Религиозная «синэргия» предполагает именно «автономную» религиозность, т. е. невынужденное обращение личной души к Богу; – души, самодеятельной в покаянии и очищении, в созерцании и молитве, в исповедании и в делах жизни.

Как же надлежит понимать эту «автономию» и где ее границы?

2

Установим, прежде всего, общефилософский смысл идеи духовной автономии.

Автономия, буквально «самозаконие», есть подлинная, основная форма человеческого духа, – необходимо присущий ему способ бытия и деятельности. Быть духом – значит определять себя и управлять собою, и притом в направлении к лучшему, к совершенному.[15] Человеческий дух есть сила, направляющая свою жизнь к благим целям. Ему присуще выбирать свои жизненные содержания и принимать решения о своих жизненных формах; утверждать свое достоинство, обуздывать свои порывы и в то же время устанавливать и соблюдать свои пределы. Духовное существо само созерцает и знает, что такое добро и зло, что лучше и что хуже; само ищет и находит; решает и поступает; и принимает на себя ответственность за него и несет свою вину. Духовная жизнь есть самодеятельность в обретении, в выборе, в созерцании и осуществлении благих целей. Быть духом значит определять себя любовью к объективно лучшему; любовь же есть состояние активное; она выражается в организующих действиях, в осуществляющейся борьбе.

Дух имеет в самом себе живой источник такой деятельности – во имя любимого Предмета. Поэтому духовная жизнь есть самодеятельность, что обнаруживается и в сфере религиозного опыта.

Все эти тезисы нуждаются не в доказательствах, а в показывании и уви́дении. Во всех и во всяких научных исследованиях – ряд доказательств всегда упирается в последнем счете в созерцание и описание предмета; анализ и силлогизация прекращаются и непосредственная, методическая и ответственная интуиция вступает в свои права. Однако не «интуиция» в смысле случайной «догадки», или «условного допущения», или блеснувшего и угасшего «прозрения», но в смысле сосредоточенного, длительного, удостоверяющего созерцания, дающего человеку право и обязанность предлагать точное описание предмета. Философское исследование, подобно всякому другому, приходит к этому предметному пределу и апеллирует тогда к философическому опыту и к живому созерцанию философского предмета. Так обстоит и в нашем исследовании.

Итак, дух есть по существу своему начало самодеятельное и самоопределяющееся; и притом – во всех сферах его жизни.

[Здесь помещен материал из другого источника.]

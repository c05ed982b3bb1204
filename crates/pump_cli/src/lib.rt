//! The program over any files, input and sinks: it runs an image of a tagged RISC-V machine and tells how it ended, executes the
//! lines of a monitor shell over it, makes an image of a source or of an ELF file, lists an image's words, or runs a workload and
//! tells its counts.
#![tactic(auto)]

mod basis;
mod cut;
mod dis;
mod elf;
mod ending;
mod load;
mod program;
mod reading;
mod refusal;
mod run;
mod save;
mod shell;
mod status;
mod texts;

pub use program::pump;
pub use status::Status;
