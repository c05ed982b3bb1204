//! The program, from the words, the files, the input and the two sinks to its status.

ghost use Rattle.std.specs.Prelude.{◌≡◌, ℕ, List, Option, Some, Ok, true};
ghost use Rattle.host_io.specs.Bytes.{AreBytes, TellBytes};
ghost use Rattle.image_format.specs.Picture.{Picture};
ghost use Rattle.workload_laws.specs.Images.{image_of_workload};
ghost use Rattle.pump_line.specs.Request.{DisassembleTask, ElfTask, SaveTask};
ghost use Rattle.pump_line.specs.Task.{AllowsHistory, AllowsRules, AllowsTags, LoadTask, RunTask, disassemble, elf, load, run, save, task_of};
ghost use Rattle.pump_line.specs.Told.{texts_of, task_value};
ghost use Rattle.pump_cli.specs.Elf.{SavesElf};
ghost use Rattle.pump_cli.specs.Facts.{status_in};
ghost use Rattle.pump_cli.specs.Hidden.{DifferInSecret};
ghost use Rattle.pump_cli.specs.ListedBack.{ListsBack};
ghost use Rattle.pump_cli.specs.Migrated.{SavesMigrated};
ghost use Rattle.pump_cli.specs.Environments.{environment};
ghost use Rattle.pump_cli.specs.Program.{outcome_of_load, program};
ghost use Rattle.pump_cli.specs.Reading.{ElfFiles, elf_read, image_read};
ghost use Rattle.pump_cli.specs.Runs.{EachRun, IsOut, IsSafeRun, IsSpent, TheRun};
ghost use Rattle.pump_cli.specs.Sessions.{SessionTellsRuns, TheSession};
ghost use Rattle.pump_cli.specs.Theorem.{Headline, HeadlineOf};

use crate::cut::Cut;
use crate::dis::disassemble_task;
use crate::elf::elf_task;
use crate::load::load_task;
use crate::refusal::{Refusal, refuse};
use crate::run::run_task;
use crate::save::save_task;
use crate::shell::shell_task;
use crate::status::Status;
use host_io::{Files, Sink, Source};
use pump_line::{Making, Task, WordsEnd, read_task};
use std::alloc::Global;

/// Carries out a task.
fn do_task<F: Files, S: Source, K: Sink, L: Sink>(
    alloc: Global,
    task: Task<'_>,
    files: &mut F,
    input: &mut S,
    out: &mut K,
    err: &mut L,
) -> Result<Status, Cut>
    requires rules { AllowsRules (task_value task) }
    requires tags { AllowsTags (task_value task) }
    requires history { AllowsHistory (task_value task) }
    ensures { HeadlineOf (task_value task.entry) (status_in result)
        (environment F.tells F.held F.read_faults F.write_faults F.calls S.left S.closed S.faults
        K.taken K.faults L.taken L.faults files.old input.old out.old err.old)
        (environment F.tells F.held F.read_faults F.write_faults F.calls S.left S.closed S.faults
        K.taken K.faults L.taken L.faults files.new input.new out.new err.new) }
{
    match task {
        Task::Run(task) => run_task(alloc, task, files, input, out, err),
        Task::Shell(task) => shell_task(alloc, task, files, input, out, err),
        Task::Save(task) => save_task(alloc, task, files, input, out, err),
        Task::Elf(task) => elf_task(alloc, task, files, input, out, err),
        Task::Disassemble(task) => disassemble_task(alloc, task, files, input, out, err),
        Task::Load(task) => load_task(alloc, task, files, input, out, err),
    }
}

/// Does what the words ask for.
fn run_words<F: Files, S: Source, K: Sink, L: Sink>(
    alloc: Global,
    words: &Vec<String>,
    files: &mut F,
    input: &mut S,
    out: &mut K,
    err: &mut L,
) -> Result<Status, Cut>
    ensures { Headline
        (program (texts_of words.now.items) (F.held files.old) (S.left input.old))
        (task_of (texts_of words.now.items)) (status_in result)
        (environment F.tells F.held F.read_faults F.write_faults F.calls S.left S.closed S.faults
        K.taken K.faults L.taken L.faults files.old input.old out.old err.old)
        (environment F.tells F.held F.read_faults F.write_faults F.calls S.left S.closed S.faults
        K.taken K.faults L.taken L.faults files.new input.new out.new err.new) }
{
    match read_task(alloc, words) {
        Ok(task) => do_task(alloc, task, files, input, out, err),
        Err(WordsEnd::Bad) => refuse(err, Refusal::BadWords),
        Err(WordsEnd::Memory) => Err(Cut::Memory),
    }
}

/// The program: what the words ask for, with the files, the input and the two sinks, and the status that the process ends
/// with. The first word is the program's name. The input is read only once the image is taken: by `run` as a whole before its
/// first turn, by `shell` line by line; `asm`, `migrate`, `elf`, `dis` and `load` leave it alone. The one file that is changed is that
/// which `asm`, `migrate` or `elf` saves: it holds the one spelling of the image that is made, and a file that is refused saves nothing.
///
/// Without a fault or running out of memory the bytes and the status are those of the machine that asks the chosen policies at
/// every turn of every hart, however many rules are kept: on the whole input, or at the commands of its lines. Where some rules
/// may be kept, a run ends at the turn that would give words to more tags than may have them. `Headline` (specs/Theorem.antt) has
/// the whole guarantee, fact by fact.
///
/// A run whose turns are spent made as many as its limit says, and left a hart that is ready (`spent`); one that ends out of tag
/// numbers ran out of them (`tags_out`), as does the start of a session (`Executed`, specs/Facts.antt). Where a read of a
/// session's input fails, each line that ended before it was replied to, and nothing else was put (`replied` there).
///
/// What a run shows doesn't depend on what its secret file holds (`hides`): where secrecy is chosen, and two contents of the
/// secret file are told and within their limit, the bytes and the status that are due with the one are due with the other,
/// whatever the input is.
///
/// `load` makes the source of a workload itself, runs its image under every policy on no input, and tells in one line on standard
/// output how many turns, hits and misses there were, and its status. What is due of it is that line alone, whatever files and
/// input hold (`loads`): the source of each workload that words can ask for is assembled, so none is refused.
///
/// What `dis` lists assembles back (`lists`): where the file holds an image, whatever bytes it has, a line is due for each of the
/// image's words, with its address, the word, and a text that the assembler reads as a statement which emits just that word there.
///
/// What `migrate` saves of an image is an image of version 2 (`migrates`) that starts as the first does under each choice of
/// policies, but that 128 compartments may come to be, and that has the same events along every list of turns in which the first
/// has no split that is spent.
///
/// What `elf` saves of an ELF file and a tag file is the image that they stand for (`converts`): under each choice of policies its start has
/// at each address of the RAM the byte that the ELF file's loadable segments put there, and 0 where none lies; hart 0 starts at the ELF
/// file's entry, and all else is as the tag file has it. Both files are loaded before either is judged, and the tag file is judged first.
///
/// In such a run, and in each run that a session makes, the sentence of each chosen policy holds, whatever bytes the files hold and
/// the input gives (`safe`), and so at those that these files and this input tell of (`safe_here`): every unsealing used its key,
/// every indirect jump is a listed edge, every store lies in its compartment's permitted words, every heap access in its pointer's
/// live block.
///
/// The runs that a session makes are those of which its replies tell (`replies`): what is told are the replies to its lines; after
/// each of these the session stands where its run ends; and the reply to a line that makes turns tells the events that the run gains
/// by it, one for each of these turns, and their number. No other line adds an event; `back` takes the last turns of the run away, which
/// then ends where it did before them but for bytes fed since, and `reset` begins it anew.
pub fn pump<F: Files, S: Source, K: Sink, L: Sink>(
    alloc: Global,
    words: &Vec<String>,
    files: &mut F,
    input: &mut S,
    out: &mut K,
    err: &mut L,
) -> Status
    ensures answers { Headline
        (program (texts_of words.now.items) (F.held files.old) (S.left input.old))
        (task_of (texts_of words.now.items)) result
        (environment F.tells F.held F.read_faults F.write_faults F.calls S.left S.closed S.faults
        K.taken K.faults L.taken L.faults files.old input.old out.old err.old)
        (environment F.tells F.held F.read_faults F.write_faults F.calls S.left S.closed S.faults
        K.taken K.faults L.taken L.faults files.new input.new out.new err.new) }
    ensures safe { (held : List ℕ → Option (List ℕ)) (left : Option (List ℕ)) → TellBytes held
        → EachRun IsSafeRun (texts_of words.now.items) held left }
    ensures safe_here { EachRun IsSafeRun (texts_of words.now.items)
        (F.held files.old) (S.left input.old) }
    ensures replies { (held : List ℕ → Option (List ℕ)) (left : Option (List ℕ)) → TellBytes held
        → TheSession SessionTellsRuns (texts_of words.now.items) held left }
    ensures replies_here { TheSession SessionTellsRuns (texts_of words.now.items)
        (F.held files.old) (S.left input.old) }
    ensures hides { (task : RunTask) (held other : List ℕ → Option (List ℕ))
        (left : Option (List ℕ)) → TellBytes held
        → task_of (texts_of words.now.items) ≡ Some (run task)
        → task.choice.secret ≡ true → DifferInSecret task held other
        → program (texts_of words.now.items) other left
        ≡ program (texts_of words.now.items) held left }
    ensures spent { result ≡ Status.TurnsSpent → TheRun IsSpent (texts_of words.now.items)
        (F.held files.old) (S.left input.old) }
    ensures tags_out { result ≡ Status.TagsOut → TheRun IsOut (texts_of words.now.items)
        (F.held files.old) (S.left input.old) }
    ensures loads { (task : LoadTask) → task_of (texts_of words.now.items) ≡ Some (load task)
        → program (texts_of words.now.items) (F.held files.old) (S.left input.old)
        ≡ Some (outcome_of_load task (image_of_workload task.count)) }
    ensures lists { (task : DisassembleTask) (picture : Picture) (bytes : List ℕ)
        (held : List ℕ → Option (List ℕ)) (left : Option (List ℕ)) → AreBytes bytes
        → task_of (texts_of words.now.items) ≡ Some (disassemble task)
        → held task.image ≡ Some bytes → image_read bytes ≡ Ok picture
        → ListsBack picture (program (texts_of words.now.items) held left) }
    ensures migrates { (task : SaveTask) (picture : Picture) (bytes : List ℕ)
        → task_of (texts_of words.now.items) ≡ Some (save task) → task.making ≡ Making.Migrate
        → F.held files.old task.source ≡ Some bytes → image_read bytes ≡ Ok picture
        → SavesMigrated task bytes picture }
    ensures converts { (task : ElfTask) (picture : Picture) (contents : ElfFiles)
        → task_of (texts_of words.now.items) ≡ Some (elf task)
        → F.held files.old task.elf ≡ Some contents.elf
        → F.held files.old task.tags ≡ Some contents.tags → elf_read contents ≡ Ok picture
        → SavesElf task contents picture }
{
    match run_words(alloc, words, files, input, out, err) {
        Ok(status) => status,
        Err(cut) => cut.status(),
    }
}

1. Поскольку человек живет волею, постольку ему необходимы собственные решения, напряжения и усилия, собственная стойкость и верность. Никто не может сделать «за другого» волевых усилий, дать «вместо другого» связующее обещание, выработать в себе чувство свободного долга и лояльное правосознание. Возможно помочь другому в этом – путем сообщения, воспитания, чтения, строгого режима или психического лечения; но невозможно вторгнуться в чужой дух и заменить его. Если же людям удается подчинить себе других угрозой, страхом, мукой или голодом, то дух порабощенных является униженным или подавленным и самая духовность его заменяется «психическими механизмами». В этом слепота и ошибка преувеличенного этатизма и тоталитаризма; доктринеры не понимают самостоятельности духовной воли и ее священного значения.

2. Поскольку дух человека живет пониманием и мыслью, постольку человек призван сам понимать и иметь свои собственные мысли, воззрения и убеждения. Человека, неспособного к этому, еще Аристотель определял как «раба от природы»; и был прав. Преподавать не значит обременять память учеников сведениями и не значит навязывать человеку чужие «обязательные» для него мысли. Умственная зрелость есть способность духа к самостоятельному наблюдению и к самодеятельному исследованию. Нельзя понять «за другого»; нельзя исследовать «вместо него», так, чтобы мое исследование стало тем самым его собственным. Плагиат чужих мыслей и воззрений есть дело противодуховное, лживое и недостойное. Несамостоятельная, нетворческая мысль – есть жалкая полумысль; ею ничего не постигается и для науки она мертва. Активность же мысли выражает ее духовную зрелость.